Task data =>
# # # # # # #
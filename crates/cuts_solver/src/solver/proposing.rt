// Lines that are proposed to the solver: what the log makes of them goes to the engine.
ghost use Rattle.std.specs.Prelude.{◌≡◌, ◌+◌, ◌<◌, [], ◌∷◌, ◌++◌, List, true, false};
ghost use Rattle.std.specs.Prelude.{IfOk, OnErr, OnOk, length, map};
ghost use Rattle.cnf.specs.Literal.{Literal};
ghost use Rattle.std.specs.List.{AllByRecursion};
ghost use Rattle.lrat_log.specs.Log.{LogLine, axiom_line};
ghost use Rattle.lrat_log.specs.Axioms.{IsNewClause};
ghost use Rattle.propagate.specs.Fits.{IsWithin};
ghost use Rattle.cdcl_search.specs.Running.{Runs};
ghost use Rattle.cuts_log.specs.Logs.{Brings, SameLog, lines_seen};
ghost use Rattle.cuts_log.specs.Made.{IsMadeClause};

use super::CutsSolver;
use cdcl::budget::Budget;
use cdcl::guided::{are_apart, make_room};
use cdcl_search::axioms::take_axiom;
use cdcl_search::input::Input;
use cdcl_search::search::Search;
use cnf::clause_list::ClauseList;
use cnf::types::Lit;
use cuts_log::law::texts_are_right;
use cuts_log::log::CutsLog;
use forms::types::NamedFact;
use lrat_log::sink::Sink;
use std::alloc::AllocError;
use std::io::Write;

/// The clauses that the log has made go to the engine, where they stay.
fn give_made<W: Write + Drop>(
    search: &mut Search,
    input: &Input,
    log: &CutsLog<W>,
    made: &ClauseList,
) -> Result<(), AllocError>
    requires runs { (ls : List LogLine) × Runs search.old input.now ls
        × (lines_seen log.now ≡ ls ++ map axiom_line made.now) }
    requires made { AllByRecursion (IsMadeClause log.now.standing.forms.variables) made.now }
    ensures { OnOk result (Runs search.new input.now (lines_seen log.now)) }
{
    log.is_short();
    // There was room for what the line might need.
    if log.forms().variables() > search.engine.variables() {
        return Err(AllocError);
    }
    for clause in made.iter() {
        take_axiom(search, clause, None)?;
    }
    Ok(())
}

/// A cut goes to the engine, which may delete it later. Its line is the last one.
fn give_cut<W: Write + Drop>(
    search: &mut Search,
    input: &Input,
    log: &CutsLog<W>,
    lits: &[Lit],
) -> Result<(), AllocError>
    requires runs { (ls : List LogLine) × Runs search.old input.now ls
        × (lines_seen log.now ≡ ls ++ axiom_line lits.now ∷ []) }
    requires new { IsNewClause lits.now }
    requires within { IsWithin search.old.engine.variables lits.now }
    requires some { 0 < length lits.now }
    ensures { OnOk result (Runs search.new input.now (lines_seen log.now)) }
{
    log.is_short();
    take_axiom(search, lits, Some(lits.len().min(u32::MAX as usize) as u32))
}

/// A line of which the log makes clauses.
#[derive(Drop)]
enum MadeLine<'a> {
    /// A count with so many outputs of these literals.
    Count(u64, &'a [Lit]),
    /// One more output of the count with this number.
    More(u64),
}

/// The log takes the line, or refuses it.
fn put_made<W: Write + Drop>(
    log: &mut CutsLog<W>,
    line: MadeLine<'_>,
    made: &mut ClauseList,
) -> Result<bool, AllocError>
    ensures taken { IfOk result (λ taken. taken ≡ true
        → Brings (map axiom_line made.new) log.old log.new) }
    ensures made { IfOk result (λ taken. taken ≡ true
        → AllByRecursion (IsMadeClause log.new.standing.forms.variables) made.new) }
    ensures refused { IfOk result (λ taken. taken ≡ false → log.new ≡ log.old) }
    ensures err { OnErr result (lines_seen log.new ≡ lines_seen log.old) }
    ensures same { SameLog log.old log.new }
{
    match line {
        MadeLine::Count(outputs, inputs) => log.count(outputs, inputs, made),
        MadeLine::More(number) => log.more(number, made),
    }
}

/// A line of which the log makes no clauses.
#[derive(Drop)]
enum PlainLine<'a> {
    /// `scale` times the cost, less these facts.
    Form(u64, &'a [NamedFact]),
    /// The present form less these facts.
    FormMore(&'a [NamedFact]),
    /// A group of these literals, by clauses with these ids.
    Group(&'a [Lit], &'a [u64]),
    /// A lower bound of the cost.
    Bound(u64),
}

/// The log takes the line, or refuses it.
fn put<W: Write + Drop>(log: &mut CutsLog<W>, line: PlainLine<'_>) -> Result<bool, AllocError>
    ensures taken { IfOk result (λ taken. taken ≡ true → Brings [] log.old log.new) }
    ensures refused { IfOk result (λ taken. taken ≡ false → log.new ≡ log.old) }
    ensures err { OnErr result (lines_seen log.new ≡ lines_seen log.old) }
    ensures same { SameLog log.old log.new }
{
    match line {
        PlainLine::Form(scale, facts) => log.form(scale, facts),
        PlainLine::FormMore(facts) => log.form_more(facts),
        PlainLine::Group(inputs, ids) => log.group(inputs, ids),
        PlainLine::Bound(lower) => log.bound(lower),
    }
}

impl<W: Write + Drop> CutsSolver<W> {
    ghost use Rattle.cuts_solver.specs.Solving.{PaysLines, SameSolver};

    /// The line goes to the log, and the clauses that it makes of it to the engine. There has to be
    /// room for `most` variables.
    fn take_made(&mut self, most: u64, line: MadeLine<'_>) -> Result<bool, AllocError>
        ensures taken { IfOk result (λ taken. taken ≡ true → (made : List (List Literal))
            × Brings (map axiom_line made) self.old.log self.new.log) }
        ensures refused { IfOk result (λ taken. taken ≡ false → self.new ≡ self.old) }
        ensures same { SameSolver self.old self.new }
    {
        if !self.is_open()? || !self.has_room(most) {
            return Ok(false);
        }
        self.failed = true;
        let is_taken = put_made(&mut self.log, line, &mut self.made)?;
        if !is_taken {
            self.failed = false;
            return Ok(false);
        }
        give_made(&mut self.search, &self.input, &self.log, &self.made)?;
        self.failed = false;
        Ok(true)
    }

    /// The line goes to the log.
    fn take_plain(&mut self, line: PlainLine<'_>) -> Result<bool, AllocError>
        ensures taken { IfOk result (λ taken. taken ≡ true
            → Brings [] self.old.log self.new.log) }
        ensures refused { IfOk result (λ taken. taken ≡ false → self.new ≡ self.old) }
        ensures same { SameSolver self.old self.new }
    {
        if !self.is_open()? {
            return Ok(false);
        }
        self.failed = true;
        let is_taken = put(&mut self.log, line)?;
        self.failed = false;
        Ok(is_taken)
    }

    /// A count of these literals with `outputs` outputs. False where the log refuses it, where
    /// there is no room for its variables, and where the empty clause was added.
    ///
    /// # Errors
    ///
    /// Those of `search`.
    pub fn count(&mut self, outputs: u64, inputs: &[Lit]) -> Result<bool, AllocError>
        ensures taken { IfOk result (λ taken. taken ≡ true → (made : List (List Literal))
            × Brings (map axiom_line made) self.old.log self.new.log) }
        ensures refused { IfOk result (λ taken. taken ≡ false → self.new ≡ self.old) }
        ensures same { SameSolver self.old self.new }
    {
        let most = outputs.saturating_mul(inputs.len() as u64);
        self.take_made(most, MadeLine::Count(outputs, inputs))
    }

    /// One more output of the count with this number. False where the log refuses it, where there
    /// is no room for its variables, and where the empty clause was added.
    ///
    /// # Errors
    ///
    /// Those of `search`.
    pub fn more(&mut self, number: u64) -> Result<bool, AllocError>
        ensures taken { IfOk result (λ taken. taken ≡ true → (made : List (List Literal))
            × Brings (map axiom_line made) self.old.log self.new.log) }
        ensures refused { IfOk result (λ taken. taken ≡ false → self.new ≡ self.old) }
        ensures same { SameSolver self.old self.new }
    {
        let inputs = self.log.forms().inputs(number);
        let most = inputs.map_or(0, |lits| lits.len() as u64);
        self.take_made(most, MadeLine::More(number))
    }

    /// `scale` times the cost, less these facts, in place of the present form. False where the log
    /// refuses it, and where the empty clause was added.
    ///
    /// # Errors
    ///
    /// Those of `search`.
    pub fn form(&mut self, scale: u64, facts: &[NamedFact]) -> Result<bool, AllocError>
        ensures taken { IfOk result (λ taken. taken ≡ true
            → Brings [] self.old.log self.new.log) }
        ensures refused { IfOk result (λ taken. taken ≡ false → self.new ≡ self.old) }
        ensures same { SameSolver self.old self.new }
    {
        self.take_plain(PlainLine::Form(scale, facts))
    }

    /// The present form less these facts. False where the log refuses it, and where the empty
    /// clause was added.
    ///
    /// # Errors
    ///
    /// Those of `search`.
    pub fn form_more(&mut self, facts: &[NamedFact]) -> Result<bool, AllocError>
        ensures taken { IfOk result (λ taken. taken ≡ true
            → Brings [] self.old.log self.new.log) }
        ensures refused { IfOk result (λ taken. taken ≡ false → self.new ≡ self.old) }
        ensures same { SameSolver self.old self.new }
    {
        self.take_plain(PlainLine::FormMore(facts))
    }

    /// A group of these literals, at most one of which is true; its number follows that of the last
    /// count or group. The ids are numbers of clauses of the formula that are live, one for each
    /// pair, as `CutsLog::group` has them. False where the log refuses it, and where the empty
    /// clause was added.
    ///
    /// # Errors
    ///
    /// Those of `search`.
    pub fn group(&mut self, inputs: &[Lit], ids: &[u64]) -> Result<bool, AllocError>
        ensures taken { IfOk result (λ taken. taken ≡ true
            → Brings [] self.old.log self.new.log) }
        ensures refused { IfOk result (λ taken. taken ≡ false → self.new ≡ self.old) }
        ensures same { SameSolver self.old self.new }
    {
        self.take_plain(PlainLine::Group(inputs, ids))
    }

    /// A lower bound of the cost, if the present form is worth it. False where the log refuses it,
    /// and where the empty clause was added.
    ///
    /// # Errors
    ///
    /// Those of `search`.
    pub fn bound(&mut self, lower: u64) -> Result<bool, AllocError>
        ensures taken { IfOk result (λ taken. taken ≡ true
            → Brings [] self.old.log self.new.log) }
        ensures refused { IfOk result (λ taken. taken ≡ false → self.new ≡ self.old) }
        ensures same { SameSolver self.old self.new }
    {
        self.take_plain(PlainLine::Bound(lower))
    }

    /// A cut of these literals under the present form, for a unit of the budget; the empty one ends
    /// the log. False where the log refuses it, where a variable stands twice or is not there,
    /// where nothing is left of the budget, and where the empty clause was added.
    ///
    /// # Errors
    ///
    /// Those of `search`.
    pub fn cut(&mut self, lits: &[Lit], budget: &mut Budget) -> Result<bool, AllocError>
        ensures taken { IfOk result (λ taken. taken ≡ true
            → Brings (axiom_line lits.now ∷ []) self.old.log self.new.log) }
        ensures paid { IfOk result (λ taken. taken ≡ true
            → budget.new ≡ record budget.old { learned = budget.old.learned + 1 }) }
        ensures refused { IfOk result (λ taken. taken ≡ false → self.new ≡ self.old) }
        ensures unpaid { IfOk result (λ taken. taken ≡ false → budget.new ≡ budget.old) }
        ensures pays { PaysLines self.old self.new budget.old budget.new }
        ensures kept { budget.new.waived ≡ budget.old.waived }
        ensures same { SameSolver self.old self.new }
    {
        if !self.is_open()? || budget.left() == 0 {
            return Ok(false);
        }
        self.failed = true;
        let variables = self.search.engine.variables();
        make_room(&mut self.marks, variables)?;
        if !are_apart(&mut self.marks, variables, lits) {
            self.failed = false;
            return Ok(false);
        }
        let is_taken = self.log.take_cut(lits)?;
        if !is_taken {
            self.failed = false;
            return Ok(false);
        }
        budget.count_learned();
        if lits.is_empty() {
            texts_are_right();
            self.log.limits();
            self.refuted = true;
            self.failed = false;
            return Ok(true);
        }
        give_cut(&mut self.search, &self.input, &self.log, lits)?;
        self.failed = false;
        Ok(true)
    }
}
# # # # # # #
Everything from the first line of the entries above through the line with "ls ++ axiom_line" is to be reproduced exactly, and nothing else.

Written response =>
filename crates/cuts_solver/src/solver/proposing.rt
// Lines that are proposed to the solver: what the log makes of them goes to the engine.
ghost use Rattle.std.specs.Prelude.{◌≡◌, ◌+◌, ◌<◌, [], ◌∷◌, ◌++◌, List, true, false};
ghost use Rattle.std.specs.Prelude.{IfOk, OnErr, OnOk, length, map};
ghost use Rattle.cnf.specs.Literal.{Literal};
ghost use Rattle.std.specs.List.{AllByRecursion};
ghost use Rattle.lrat_log.specs.Log.{LogLine, axiom_line};
ghost use Rattle.lrat_log.specs.Axioms.{IsNewClause};
ghost use Rattle.propagate.specs.Fits.{IsWithin};
ghost use Rattle.cdcl_search.specs.Running.{Runs};
ghost use Rattle.cuts_log.specs.Logs.{Brings, SameLog, lines_seen};
ghost use Rattle.cuts_log.specs.Made.{IsMadeClause};

use super::CutsSolver;
use cdcl::budget::Budget;
use cdcl::guided::{are_apart, make_room};
use cdcl_search::axioms::take_axiom;
use cdcl_search::input::Input;
use cdcl_search::search::Search;
use cnf::clause_list::ClauseList;
use cnf::types::Lit;
use cuts_log::law::texts_are_right;
use cuts_log::log::CutsLog;
use forms::types::NamedFact;
use lrat_log::sink::Sink;
use std::alloc::AllocError;
use std::io::Write;

/// The clauses that the log has made go to the engine, where they stay.
fn give_made<W: Write + Drop>(
    search: &mut Search,
    input: &Input,
    log: &CutsLog<W>,
    made: &ClauseList,
) -> Result<(), AllocError>
    requires runs { (ls : List LogLine) × Runs search.old input.now ls
        × (lines_seen log.now ≡ ls ++ map axiom_line made.now) }
    requires made { AllByRecursion (IsMadeClause log.now.standing.forms.variables) made.now }
    ensures { OnOk result (Runs search.new input.now (lines_seen log.now)) }
{
    log.is_short();
    // There was room for what the line might need.
    if log.forms().variables() > search.engine.variables() {
        return Err(AllocError);
    }
    for clause in made.iter() {
        take_axiom(search, clause, None)?;
    }
    Ok(())
}

/// A cut goes to the engine, which may delete it later. Its line is the last one.
fn give_cut<W: Write + Drop>(
    search: &mut Search,
    input: &Input,
    log: &CutsLog<W>,
    lits: &[Lit],
) -> Result<(), AllocError>
    requires runs { (ls : List LogLine) × Runs search.old input.now ls
        × (lines_seen log.now ≡ ls ++ axiom_line lits.now ∷ []) }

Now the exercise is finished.